**Assignment:** Copy out all lines of the records in which the word "entry" appears.
++++++++++
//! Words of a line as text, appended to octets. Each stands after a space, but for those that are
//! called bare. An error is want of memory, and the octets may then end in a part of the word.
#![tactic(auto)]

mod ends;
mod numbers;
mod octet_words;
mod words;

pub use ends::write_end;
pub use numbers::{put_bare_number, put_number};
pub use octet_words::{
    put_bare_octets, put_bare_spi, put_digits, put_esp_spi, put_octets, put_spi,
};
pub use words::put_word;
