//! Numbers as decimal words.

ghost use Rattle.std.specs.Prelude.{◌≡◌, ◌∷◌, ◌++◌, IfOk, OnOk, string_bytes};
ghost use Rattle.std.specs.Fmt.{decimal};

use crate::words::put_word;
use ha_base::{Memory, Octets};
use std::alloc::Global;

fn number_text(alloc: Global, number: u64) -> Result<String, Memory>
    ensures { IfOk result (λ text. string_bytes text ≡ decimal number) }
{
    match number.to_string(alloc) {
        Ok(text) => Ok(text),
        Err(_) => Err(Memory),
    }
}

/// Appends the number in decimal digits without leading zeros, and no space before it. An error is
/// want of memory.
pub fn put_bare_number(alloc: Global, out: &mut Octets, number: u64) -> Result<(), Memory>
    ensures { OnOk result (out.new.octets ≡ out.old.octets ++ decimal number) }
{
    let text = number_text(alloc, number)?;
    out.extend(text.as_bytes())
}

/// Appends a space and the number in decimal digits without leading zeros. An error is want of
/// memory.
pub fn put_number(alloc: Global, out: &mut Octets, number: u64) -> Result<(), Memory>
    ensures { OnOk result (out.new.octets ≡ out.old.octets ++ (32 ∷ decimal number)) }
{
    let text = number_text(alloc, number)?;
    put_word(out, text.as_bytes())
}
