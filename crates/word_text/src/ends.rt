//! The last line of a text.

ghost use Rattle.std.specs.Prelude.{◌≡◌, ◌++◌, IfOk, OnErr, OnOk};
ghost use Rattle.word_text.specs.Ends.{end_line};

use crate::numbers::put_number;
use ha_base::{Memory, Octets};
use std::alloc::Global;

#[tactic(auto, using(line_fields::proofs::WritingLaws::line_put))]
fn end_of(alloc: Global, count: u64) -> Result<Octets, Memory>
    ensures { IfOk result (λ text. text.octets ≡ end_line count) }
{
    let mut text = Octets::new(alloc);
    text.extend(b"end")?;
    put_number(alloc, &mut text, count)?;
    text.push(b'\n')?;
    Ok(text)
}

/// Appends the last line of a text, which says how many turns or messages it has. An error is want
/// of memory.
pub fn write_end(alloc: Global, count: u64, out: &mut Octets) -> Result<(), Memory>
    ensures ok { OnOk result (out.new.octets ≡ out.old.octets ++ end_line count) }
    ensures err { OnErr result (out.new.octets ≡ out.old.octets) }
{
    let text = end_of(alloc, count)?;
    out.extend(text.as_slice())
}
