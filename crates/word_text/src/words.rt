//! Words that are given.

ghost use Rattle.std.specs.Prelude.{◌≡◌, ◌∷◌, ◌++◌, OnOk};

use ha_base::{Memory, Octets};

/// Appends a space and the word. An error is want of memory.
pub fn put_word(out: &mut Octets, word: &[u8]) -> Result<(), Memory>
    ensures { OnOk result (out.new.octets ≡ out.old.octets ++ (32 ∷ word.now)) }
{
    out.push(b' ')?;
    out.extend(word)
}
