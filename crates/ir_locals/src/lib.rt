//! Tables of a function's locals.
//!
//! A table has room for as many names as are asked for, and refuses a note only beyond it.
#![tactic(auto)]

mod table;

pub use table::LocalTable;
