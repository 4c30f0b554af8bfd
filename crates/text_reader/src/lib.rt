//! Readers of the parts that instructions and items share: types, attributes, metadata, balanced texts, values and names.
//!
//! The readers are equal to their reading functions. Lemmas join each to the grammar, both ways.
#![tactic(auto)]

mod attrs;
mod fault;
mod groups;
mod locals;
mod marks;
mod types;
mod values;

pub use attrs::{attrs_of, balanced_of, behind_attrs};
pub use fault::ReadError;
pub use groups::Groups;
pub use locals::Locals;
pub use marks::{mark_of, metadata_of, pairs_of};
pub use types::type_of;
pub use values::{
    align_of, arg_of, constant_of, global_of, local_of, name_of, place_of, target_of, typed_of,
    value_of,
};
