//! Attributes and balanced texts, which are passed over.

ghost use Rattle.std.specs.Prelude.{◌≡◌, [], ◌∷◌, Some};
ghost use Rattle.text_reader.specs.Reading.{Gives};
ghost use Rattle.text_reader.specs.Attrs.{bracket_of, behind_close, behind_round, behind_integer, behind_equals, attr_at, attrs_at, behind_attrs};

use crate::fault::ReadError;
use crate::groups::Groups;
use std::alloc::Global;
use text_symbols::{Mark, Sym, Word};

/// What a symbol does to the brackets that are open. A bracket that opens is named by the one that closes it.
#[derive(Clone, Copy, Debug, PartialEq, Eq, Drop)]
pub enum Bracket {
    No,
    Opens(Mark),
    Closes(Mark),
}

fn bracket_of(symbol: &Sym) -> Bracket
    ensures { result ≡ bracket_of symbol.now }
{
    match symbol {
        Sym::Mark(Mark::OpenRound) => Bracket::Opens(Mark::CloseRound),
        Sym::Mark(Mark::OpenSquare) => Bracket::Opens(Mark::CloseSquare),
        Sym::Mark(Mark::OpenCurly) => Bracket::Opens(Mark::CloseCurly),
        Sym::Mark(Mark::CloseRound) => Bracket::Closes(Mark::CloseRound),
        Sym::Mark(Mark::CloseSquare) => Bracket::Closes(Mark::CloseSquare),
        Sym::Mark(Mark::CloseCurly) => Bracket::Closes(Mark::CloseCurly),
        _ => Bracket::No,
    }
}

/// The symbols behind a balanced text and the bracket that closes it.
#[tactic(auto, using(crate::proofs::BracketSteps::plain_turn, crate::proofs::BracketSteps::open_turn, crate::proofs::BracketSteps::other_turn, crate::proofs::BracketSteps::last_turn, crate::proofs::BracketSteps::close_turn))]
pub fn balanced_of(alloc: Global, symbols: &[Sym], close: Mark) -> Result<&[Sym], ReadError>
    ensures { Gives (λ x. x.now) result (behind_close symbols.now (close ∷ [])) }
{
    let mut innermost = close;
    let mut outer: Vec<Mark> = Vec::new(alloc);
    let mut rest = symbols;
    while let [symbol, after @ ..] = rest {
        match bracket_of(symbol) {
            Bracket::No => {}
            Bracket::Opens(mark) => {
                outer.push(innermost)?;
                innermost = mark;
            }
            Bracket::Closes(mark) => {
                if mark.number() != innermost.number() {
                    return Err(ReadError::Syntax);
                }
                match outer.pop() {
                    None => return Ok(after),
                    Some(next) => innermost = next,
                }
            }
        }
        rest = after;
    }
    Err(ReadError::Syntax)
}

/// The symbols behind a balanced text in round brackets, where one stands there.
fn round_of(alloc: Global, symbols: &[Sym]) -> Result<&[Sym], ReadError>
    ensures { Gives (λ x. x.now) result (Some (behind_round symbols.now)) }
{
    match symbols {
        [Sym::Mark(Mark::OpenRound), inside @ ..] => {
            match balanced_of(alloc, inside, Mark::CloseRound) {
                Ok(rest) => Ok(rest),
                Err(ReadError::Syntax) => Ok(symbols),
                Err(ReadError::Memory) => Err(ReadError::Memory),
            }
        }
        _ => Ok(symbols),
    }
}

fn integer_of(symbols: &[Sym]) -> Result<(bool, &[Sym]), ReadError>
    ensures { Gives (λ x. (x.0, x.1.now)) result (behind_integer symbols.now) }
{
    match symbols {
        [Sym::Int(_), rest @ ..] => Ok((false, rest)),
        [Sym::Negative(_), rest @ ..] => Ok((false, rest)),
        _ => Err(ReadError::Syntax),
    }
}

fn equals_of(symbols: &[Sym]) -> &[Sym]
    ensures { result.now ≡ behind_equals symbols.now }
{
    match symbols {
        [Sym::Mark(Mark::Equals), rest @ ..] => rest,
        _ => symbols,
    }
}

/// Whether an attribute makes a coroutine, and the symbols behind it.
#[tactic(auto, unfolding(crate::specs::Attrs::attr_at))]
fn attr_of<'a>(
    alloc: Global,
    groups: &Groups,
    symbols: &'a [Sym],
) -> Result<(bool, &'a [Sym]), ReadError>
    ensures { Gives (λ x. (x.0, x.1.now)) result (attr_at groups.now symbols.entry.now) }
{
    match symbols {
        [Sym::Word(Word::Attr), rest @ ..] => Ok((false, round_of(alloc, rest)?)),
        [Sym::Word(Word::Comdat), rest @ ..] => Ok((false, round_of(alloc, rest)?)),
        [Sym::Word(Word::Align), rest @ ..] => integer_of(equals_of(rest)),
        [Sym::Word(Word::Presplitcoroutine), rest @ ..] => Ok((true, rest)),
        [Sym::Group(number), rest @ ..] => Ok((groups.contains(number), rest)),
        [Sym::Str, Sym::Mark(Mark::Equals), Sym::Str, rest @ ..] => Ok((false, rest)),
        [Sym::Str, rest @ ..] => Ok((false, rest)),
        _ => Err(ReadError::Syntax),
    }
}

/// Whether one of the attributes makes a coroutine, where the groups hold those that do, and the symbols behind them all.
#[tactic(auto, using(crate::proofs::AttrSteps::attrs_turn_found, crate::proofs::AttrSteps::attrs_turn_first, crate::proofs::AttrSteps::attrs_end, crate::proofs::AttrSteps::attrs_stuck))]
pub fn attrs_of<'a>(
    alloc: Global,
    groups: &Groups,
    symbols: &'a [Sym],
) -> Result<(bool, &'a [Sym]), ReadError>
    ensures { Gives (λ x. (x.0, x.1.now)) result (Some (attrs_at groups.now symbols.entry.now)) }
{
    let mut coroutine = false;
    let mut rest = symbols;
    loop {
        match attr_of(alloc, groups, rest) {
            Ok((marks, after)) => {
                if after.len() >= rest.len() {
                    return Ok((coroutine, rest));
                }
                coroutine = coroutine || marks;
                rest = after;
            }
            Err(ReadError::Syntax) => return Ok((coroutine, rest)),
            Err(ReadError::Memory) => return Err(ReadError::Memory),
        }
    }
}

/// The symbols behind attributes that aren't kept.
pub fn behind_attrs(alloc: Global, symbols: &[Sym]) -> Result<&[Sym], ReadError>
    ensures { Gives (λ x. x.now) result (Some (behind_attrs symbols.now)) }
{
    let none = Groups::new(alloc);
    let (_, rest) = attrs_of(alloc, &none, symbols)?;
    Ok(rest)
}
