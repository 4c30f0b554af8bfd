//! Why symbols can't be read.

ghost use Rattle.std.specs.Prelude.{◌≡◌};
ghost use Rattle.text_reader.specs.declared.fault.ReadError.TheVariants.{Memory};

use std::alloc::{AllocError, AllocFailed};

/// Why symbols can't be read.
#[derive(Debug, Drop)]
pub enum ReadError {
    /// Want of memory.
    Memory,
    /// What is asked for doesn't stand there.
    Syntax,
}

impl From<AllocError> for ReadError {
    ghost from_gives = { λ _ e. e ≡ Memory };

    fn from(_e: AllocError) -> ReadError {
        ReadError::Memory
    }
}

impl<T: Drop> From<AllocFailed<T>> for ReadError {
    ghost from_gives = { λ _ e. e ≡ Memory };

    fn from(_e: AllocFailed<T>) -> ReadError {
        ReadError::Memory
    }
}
++++++++++
**Reply:**
    ensures { Gives (λ x. (x.0, x.1.now)) result (attr_at groups.now symbols.entry.now) }
    ensures { Gives (λ x. (x.0, x.1.now)) result (Some (attrs_at groups.now symbols.entry.now)) }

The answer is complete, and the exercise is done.